Refugee camps in Bangladesh, where more than 700,000 members of Myanmar’s Muslim Rohingya minority fled in 2017 to escape a brutal counterinsurgency campaign, missed the brunt of the storm with no reported deaths, thanks in part to a well-organized evacuation, but housing was severely damaged.
Many of the Rohingya who stayed in Myanmar after being made homeless by the 2017 attacks by security forces were settled in crowded displacement camps on the outskirts of Sittwe, where their ramshackle housing on low-lying land was reportedly swept away by the storm surge.
There are fears that there could be many fatalities in the Sittwe camps, but independent confirmation is difficult because of post-storm conditions and long-standing government restrictions meant to isolate the camps.
“Bridges have collapsed to the west of downtown Sittwe following #CycloneMocha, leaving only one access route to camps in the area,” Ben Small, who works for the U.N. Development Program in Myanmar, said on Twitter. “This further hinders humanitarian access.

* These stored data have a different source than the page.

//! Presses while a client's popups grab: which of them dismiss, which popups go, in which order,
//! and what is painted and told then (xdg-shell.xml,
//! xdg_popup.grab).

use crate::grabs::DISMISSED;
use crate::parts::{Case, Part};
use crate::pointing::{PRESS, RELEASE, SECOND_PRESS, TO_NOTHING, TO_POPUP, TO_TOPLEVEL};
use crate::submenus::{ATTACH_25, COMMIT_22};
use crate::support::{
    ATTACH_18, BUFFER_18, COMMIT_14, DETACH_14, PLACED, RELEASED_18, missed_after_toplevel,
};
use test_rows::asks::Ask;
use test_rows::events::Event;
use test_rows::rows::{Pixel, Row};
use wl_session::{Done, Step};

/// The popup 17 is mapped at (40, 40), with the serial 4 of its configure where just a press was
/// told.
pub(crate) const MAPS_4: &[Row] = &[
    Row::Accepts(COMMIT_14, &[PLACED, Event::Configure(15, 4)]),
    Row::Sends(Ask::AckConfigure(15, 4)),
    Row::Sends(BUFFER_18),
    Row::Sends(ATTACH_18),
    Row::Sends(COMMIT_14),
    Row::Silent(1),
    Row::Shows(64, 64, &[Pixel(40, 40, 255, 0, 0)]),
];

/// The button is released over the toplevel, with the serial 5.
const RELEASES_5: &[Row] = &[RELEASE, Row::ToldOf(1, &[Event::Button(13, 5, 13, 272, 0)])];

/// The pointer goes to the popup, which is pressed: nothing is dismissed, and nothing is painted.
const ENTERS_POPUP: &[Row] = &[
    TO_POPUP,
    Row::ToldOf(
        1,
        &[Event::Leave(13, 6, 6), Event::Enter(13, 7, 14, 512, 768)],
    ),
];

const PRESSES_POPUP: &[Row] = &[
    PRESS,
    Row::ToldOf(1, &[Event::Button(13, 8, 11, 272, 1)]),
    Row::Shows(0, 0, &[Pixel(40, 40, 255, 0, 0)]),
];

/// While the button is down the popup keeps the focus. The other button is pressed where nothing
/// is: the popup is dismissed, is told of the button,
/// and is left.
const DISMISSES_FOCUS: &[Row] = &[
    TO_NOTHING,
    Row::ToldOf(1, &[Event::Motion(13, 8, 5120, -9216)]),
    SECOND_PRESS,
    Row::ToldOf(
        1,
        &[
            DISMISSED,
            Event::Button(13, 9, 15, 273, 1),
            Event::Leave(13, 10, 14),
        ],
    ),
    Row::Shows(64, 64, &[Pixel(40, 40, 0, 0, 0)]),
    RELEASE,
    Row::Silent(1),
];

/// A press of the toplevel dismisses nothing: its surface is one of the client's.
const PRESSES_TOPLEVEL: &[Row] = &[
    PRESS,
    Row::ToldOf(1, &[Event::Button(13, 6, 11, 272, 1)]),
    Row::Shows(0, 0, &[Pixel(40, 40, 255, 0, 0)]),
];

/// A button is down that the toplevel was told of, and the pointer goes where nothing is. A press
/// of the other button there dismisses by what it
/// hits, and is told to the toplevel, which keeps the focus.
const DISMISSES_HELD: &[Row] = &[
    TO_NOTHING,
    Row::Takes,
    SECOND_PRESS,
    Row::ToldOf(1, &[DISMISSED, Event::Button(13, 5, 15, 273, 1)]),
    Row::Shows(64, 64, &[Pixel(40, 40, 0, 0, 0)]),
];

/// A press that is ignored dismisses nothing: the button is down.
const IGNORED: &[Row] = &[
    TO_NOTHING,
    Row::Takes,
    PRESS,
    Row::Silent(1),
    Row::Shows(0, 0, &[Pixel(40, 40, 255, 0, 0)]),
];

/// Nor does a release where nothing is.
const RELEASES_OUTSIDE: &[Row] = &[
    TO_NOTHING,
    Row::Takes,
    RELEASE,
    Row::ToldOf(
        1,
        &[Event::Button(13, 5, 13, 272, 0), Event::Leave(13, 6, 6)],
    ),
    Row::Shows(0, 0, &[Pixel(40, 40, 255, 0, 0)]),
];

/// A second toplevel of the client, the buffer 11 at (32, 32): the surface 26 with its xdg_surface
/// 27 and its toplevel 28.
const SECOND_TOPLEVEL: &[Row] = &[
    Row::Sends(Ask::CreateSurface(3, 26)),
    Row::Sends(Ask::GetXdgSurface(5, 27, 26)),
    Row::Sends(Ask::GetToplevel(27, 28)),
    Row::Sends(Ask::Commit(26)),
    Row::Takes,
    Row::Sends(Ask::AckConfigure(27, 2)),
    Row::Sends(Ask::Attach(26, 11)),
    Row::Sends(Ask::Commit(26)),
    Row::Silent(1),
    Row::Shows(1024, 1024, &[Pixel(32, 32, 0, 0, 0)]),
];

/// The toplevel below it is pressed, which raises it, and its popup grabs with the serial 4 of
/// that. The popup stands above the other toplevel.
const PRESSES_BELOW: &[Row] = &[
    TO_TOPLEVEL,
    Row::Takes,
    PRESS,
    Row::Takes,
    Row::Shows(64, 1600, &[Pixel(32, 32, 255, 0, 0)]),
];

const GRABS_4: &[Row] = &[Row::Untold(Ask::Grab(17, 12, 4))];

const MAPS_5: &[Row] = &[
    Row::Accepts(COMMIT_14, &[PLACED, Event::Configure(15, 5)]),
    Row::Sends(Ask::AckConfigure(15, 5)),
    Row::Sends(BUFFER_18),
    Row::Sends(ATTACH_18),
    Row::Sends(COMMIT_14),
    Row::Silent(1),
    Row::Shows(64, 64, &[Pixel(40, 40, 255, 0, 0), Pixel(48, 48, 0, 0, 0)]),
];

/// The other toplevel is pressed, which raises it and dismisses nothing, since it is of the same
/// client.
const PRESSES_SECOND_TOPLEVEL: &[Row] = &[
    RELEASE,
    Row::Takes,
    Row::Calls(
        Step::Motion {
            time: 14,
            x: 60,
            y: 60,
        },
        Done::Motion,
    ),
    Row::Takes,
    PRESS,
    Row::ToldOf(1, &[Event::Button(13, 9, 11, 272, 1)]),
    Row::Shows(128, 1024, &[Pixel(32, 32, 0, 0, 0), Pixel(40, 40, 0, 0, 0)]),
];

/// The surface 22 with its xdg_surface 23.
pub(crate) const SURFACE_22: &[Row] = &[
    Row::Sends(Ask::CreateSurface(3, 22)),
    Row::Sends(Ask::GetXdgSurface(5, 23, 22)),
];

/// It has the popup 24 on the popup 17, or on the toplevel.
pub(crate) const GETS_SUBMENU: &[Row] = &[Row::Untold(Ask::GetPopup(23, 24, 15, 21))];

const GETS_BESIDE: &[Row] = &[Row::Untold(Ask::GetPopup(23, 24, 7, 21))];

const GRAB_24: Ask = Ask::Grab(24, 12, 3);

pub(crate) const SUBMENU_GRABS: &[Row] = &[Row::Untold(GRAB_24)];

const SUBMENU_DISMISSED: Event = Event::PopupDone(24);

/// It is mapped with the buffer 25 of 4 by 4 pixels, at (32, 32).
pub(crate) const SUBMENU_MAPS: &[Row] = &[
    Row::Accepts(
        COMMIT_22,
        &[
            Event::PopupConfigure(24, -8, -8, 4, 4),
            Event::Configure(23, 5),
        ],
    ),
    Row::Sends(Ask::AckConfigure(23, 5)),
    Row::Sends(Ask::CreateBuffer(9, 25, 6400, 4, 4, 16, 1)),
    Row::Sends(ATTACH_25),
    Row::Sends(COMMIT_22),
    Row::Silent(1),
    Row::Shows(16, 16, &[Pixel(32, 32, 0, 0, 0), Pixel(36, 36, 255, 0, 0)]),
];

/// The pointer goes where nothing is while the button is down, which is released there.
pub(crate) const GOES_OUT: &[Row] = &[TO_NOTHING, RELEASE, Row::Takes];

/// A press there dismisses both, the newest first, and paints the points of both and no others.
const DISMISSES_BOTH: &[Row] = &[
    PRESS,
    Row::ToldOf(1, &[SUBMENU_DISMISSED, DISMISSED]),
    Row::Shows(
        80,
        80,
        &[
            Pixel(32, 32, 255, 0, 0),
            Pixel(40, 40, 0, 0, 0),
            Pixel(0, 0, 255, 0, 0),
        ],
    ),
];

/// The popup of one without a grab can't grab: it is dismissed, and its parent isn't.
const SUBMENU_REFUSED: &[Row] = &[
    Row::Accepts(GRAB_24, &[SUBMENU_DISMISSED]),
    Row::Untold(COMMIT_22),
    Row::Shows(0, 0, &[Pixel(40, 40, 255, 0, 0)]),
];

/// The popup that doesn't grab stays, and a press where nothing is leaves it.
const STAYS_OUTSIDE: &[Row] = &[
    PRESS,
    Row::Silent(1),
    Row::Shows(0, 0, &[Pixel(40, 40, 255, 0, 0)]),
];

/// That with the grab goes alone: the other is no popup of it.
const DISMISSES_SUBMENU: &[Row] = &[
    PRESS,
    Row::ToldOf(1, &[SUBMENU_DISMISSED]),
    Row::Shows(
        16,
        16,
        &[Pixel(32, 32, 255, 0, 0), Pixel(40, 40, 255, 0, 0)],
    ),
];

/// The other popup of the toplevel is placed, and not mapped.
const BESIDE_PLACED: &[Row] = &[
    Row::Accepts(
        COMMIT_22,
        &[
            Event::PopupConfigure(24, -8, -8, 4, 4),
            Event::Configure(23, 5),
        ],
    ),
    Row::Paints(0, 0),
];

const DISMISSES_BESIDE: &[Row] = &[
    PRESS,
    Row::ToldOf(1, &[SUBMENU_DISMISSED]),
    Row::Shows(0, 0, &[Pixel(40, 40, 255, 0, 0)]),
];

/// The menu is unmapped, and its submenu isn't seen with it. That grabs still.
const MENU_UNMAPS: &[Row] = &[
    Row::Sends(DETACH_14),
    Row::Accepts(COMMIT_14, &[RELEASED_18]),
    Row::Shows(80, 80, &[Pixel(40, 40, 0, 0, 0), Pixel(32, 32, 255, 0, 0)]),
];

/// A press where nothing is dismisses the submenu alone, of which nothing is painted.
const DISMISSES_UNSEEN: &[Row] = &[
    PRESS,
    Row::ToldOf(1, &[SUBMENU_DISMISSED]),
    Row::Paints(0, 0),
];

/// The submenu goes, and the menu grabs still: a press where nothing is dismisses it.
const SUBMENU_GOES: &[Row] = &[
    Row::Accepts(Ask::PopupDestroy(24), &[Event::DeleteId(24)]),
    Row::Shows(16, 16, &[Pixel(32, 32, 255, 0, 0)]),
];

const DISMISSES_MENU: &[Row] = &[
    PRESS,
    Row::ToldOf(1, &[DISMISSED]),
    Row::Shows(64, 64, &[Pixel(40, 40, 0, 0, 0)]),
];

/// The popup of one that was dismissed can't grab, and is dismissed too.
const SUBMENU_DISMISSED_TOO: &[Row] = &[
    Row::Accepts(GRAB_24, &[SUBMENU_DISMISSED]),
    Row::Untold(COMMIT_22),
];

/// By what is pressed.
const BY_WHERE: &[Case] = &[
    (
        "the popup is pressed, and is dismissed with the focus",
        &[
            Part::Seated,
            Part::Presses,
            Part::Surface,
            Part::Positioner,
            Part::Gets,
            Part::Grabs,
            Part::MapsPressed,
            Part::Own(RELEASES_5),
            Part::Own(ENTERS_POPUP),
            Part::Own(PRESSES_POPUP),
            Part::Own(DISMISSES_FOCUS),
        ],
    ),
    (
        "its toplevel is pressed",
        &[
            Part::Seated,
            Part::Presses,
            Part::Surface,
            Part::Positioner,
            Part::Gets,
            Part::Grabs,
            Part::MapsPressed,
            Part::Own(RELEASES_5),
            Part::Own(PRESSES_TOPLEVEL),
        ],
    ),
];

/// By a press of another toplevel.
const BY_SECOND_TOPLEVEL: &[Case] = &[(
    "another toplevel of the client is pressed",
    &[
        Part::Own(SECOND_TOPLEVEL),
        Part::Seated,
        Part::Own(PRESSES_BELOW),
        Part::Surface,
        Part::Positioner,
        Part::Gets,
        Part::Own(GRABS_4),
        Part::Own(MAPS_5),
        Part::Own(PRESSES_SECOND_TOPLEVEL),
    ],
)];

/// While a button is down, by a press that is ignored, and by a release.
const BY_BUTTON: &[Case] = &[
    (
        "dismissed while a button is down",
        &[
            Part::Seated,
            Part::Presses,
            Part::Surface,
            Part::Positioner,
            Part::Gets,
            Part::Grabs,
            Part::MapsPressed,
            Part::Own(DISMISSES_HELD),
        ],
    ),
    (
        "a press that is ignored",
        &[
            Part::Seated,
            Part::Presses,
            Part::Surface,
            Part::Positioner,
            Part::Gets,
            Part::Grabs,
            Part::MapsPressed,
            Part::Own(IGNORED),
        ],
    ),
    (
        "a release",
        &[
            Part::Seated,
            Part::Presses,
            Part::Surface,
            Part::Positioner,
            Part::Gets,
            Part::Grabs,
            Part::MapsPressed,
            Part::Own(RELEASES_OUTSIDE),
        ],
    ),
];

/// A menu with a submenu.
const SUBMENUS: &[Case] = &[
    (
        "a menu and its submenu grab",
        &[
            Part::Seated,
            Part::Presses,
            Part::Surface,
            Part::Positioner,
            Part::Gets,
            Part::Grabs,
            Part::MapsPressed,
            Part::Positioner21,
            Part::Surface22,
            Part::GetsSubmenu,
            Part::SubmenuGrabs,
            Part::SubmenuMapsGrabbing,
            Part::GoesOut,
            Part::Own(DISMISSES_BOTH),
        ],
    ),
    (
        "a submenu without a grab goes with its menu",
        &[
            Part::Seated,
            Part::Presses,
            Part::Surface,
            Part::Positioner,
            Part::Gets,
            Part::Grabs,
            Part::MapsPressed,
            Part::Positioner21,
            Part::Surface22,
            Part::GetsSubmenu,
            Part::SubmenuMapsGrabbing,
            Part::GoesOut,
            Part::Own(DISMISSES_BOTH),
        ],
    ),
    (
        "no submenu of a menu without a grab has one",
        &[
            Part::Seated,
            Part::Presses,
            Part::Surface,
            Part::Positioner,
            Part::Gets,
            Part::MapsPressed,
            Part::Positioner21,
            Part::Surface22,
            Part::GetsSubmenu,
            Part::Own(SUBMENU_REFUSED),
            Part::GoesOut,
            Part::Own(STAYS_OUTSIDE),
        ],
    ),
];

/// Where one of them went, or has no grab.
const ENDED: &[Case] = &[
    (
        "one of two popups of the toplevel grabs",
        &[
            Part::Seated,
            Part::Presses,
            Part::Surface,
            Part::Positioner,
            Part::Gets,
            Part::MapsPressed,
            Part::Positioner21,
            Part::Surface22,
            Part::Own(GETS_BESIDE),
            Part::SubmenuGrabs,
            Part::Own(BESIDE_PLACED),
            Part::GoesOut,
            Part::Own(DISMISSES_BESIDE),
        ],
    ),
    (
        "a submenu's grab stays where its menu is unmapped",
        &[
            Part::Seated,
            Part::Presses,
            Part::Surface,
            Part::Positioner,
            Part::Gets,
            Part::Grabs,
            Part::MapsPressed,
            Part::Positioner21,
            Part::Surface22,
            Part::GetsSubmenu,
            Part::SubmenuGrabs,
            Part::SubmenuMapsGrabbing,
            Part::Own(MENU_UNMAPS),
            Part::GoesOut,
            Part::Own(DISMISSES_UNSEEN),
        ],
    ),
    (
        "a menu's grab stays where its submenu goes",
        &[
            Part::Seated,
            Part::Presses,
            Part::Surface,
            Part::Positioner,
            Part::Gets,
            Part::Grabs,
            Part::MapsPressed,
            Part::Positioner21,
            Part::Surface22,
            Part::GetsSubmenu,
            Part::SubmenuGrabs,
            Part::SubmenuMapsGrabbing,
            Part::Own(SUBMENU_GOES),
            Part::GoesOut,
            Part::Own(DISMISSES_MENU),
        ],
    ),
    (
        "no popup of one that was dismissed grabs",
        &[
            Part::Seated,
            Part::Presses,
            Part::Releases,
            Part::Surface,
            Part::Positioner,
            Part::Gets,
            Part::Grabs,
            Part::Leaves,
            Part::DismissesUnmapped,
            Part::Positioner21,
            Part::Surface22,
            Part::GetsSubmenu,
            Part::Own(SUBMENU_DISMISSED_TOO),
        ],
    ),
];

#[test]
fn presses_dismiss_by_where_as_worked(rt: HostRuntime) {
    assert_eq!(rt; missed_after_toplevel(rt.alloc(), BY_WHERE), None);
}

#[test]
fn presses_of_another_toplevel_as_worked(rt: HostRuntime) {
    assert_eq!(rt; missed_after_toplevel(rt.alloc(), BY_SECOND_TOPLEVEL), None);
}

#[test]
fn presses_dismiss_by_button_as_worked(rt: HostRuntime) {
    assert_eq!(rt; missed_after_toplevel(rt.alloc(), BY_BUTTON), None);
}

#[test]
fn presses_dismiss_submenus_as_worked(rt: HostRuntime) {
    assert_eq!(rt; missed_after_toplevel(rt.alloc(), SUBMENUS), None);
}

#[test]
fn presses_dismiss_what_is_left_as_worked(rt: HostRuntime) {
    assert_eq!(rt; missed_after_toplevel(rt.alloc(), ENDED), None);
}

They urgently need repairing.”
A Rohingya who does relief work at one of the camps said by phone Thursday that they were instructed by the authorities not to provide information to the media.
Rakhine state spokesperson and attorney general Hla Thein issued a qualified denial of reports that hundreds of people had died, saying that only 46 deaths in the state had been confirmed so far, from other ethnic groups as well as the Rohingya. He said confirmation of further deaths would require investigations, including inspections of burial places.
Hla Thein said the authorities had warned people in the camps to move to safer places days before the storm hit, but some stayed until seawater poured in, wreaking destruction. He said the government was trying to send relief supplies to affected areas and there were no restrictions on relief organizations in sending aid, an assertion that could not immediately be confirmed.
A leader of a local charity group helping to collect data about casualties inside the Rohingya camps and nearby villages said Thursday that the bodies of at least 116 people from 15 camps and villages, including 32 children and 46 women, had been given burial rites.
He requested that neither he nor his organization be identified because of possible punishment by the authorities.
The charity worker said reports of higher death tolls may have resulted from misunderstandings due to communication breakdowns which also prevented the authorities from getting an accurate count.
The Associated Press could not independently confirm any of the casualty figures.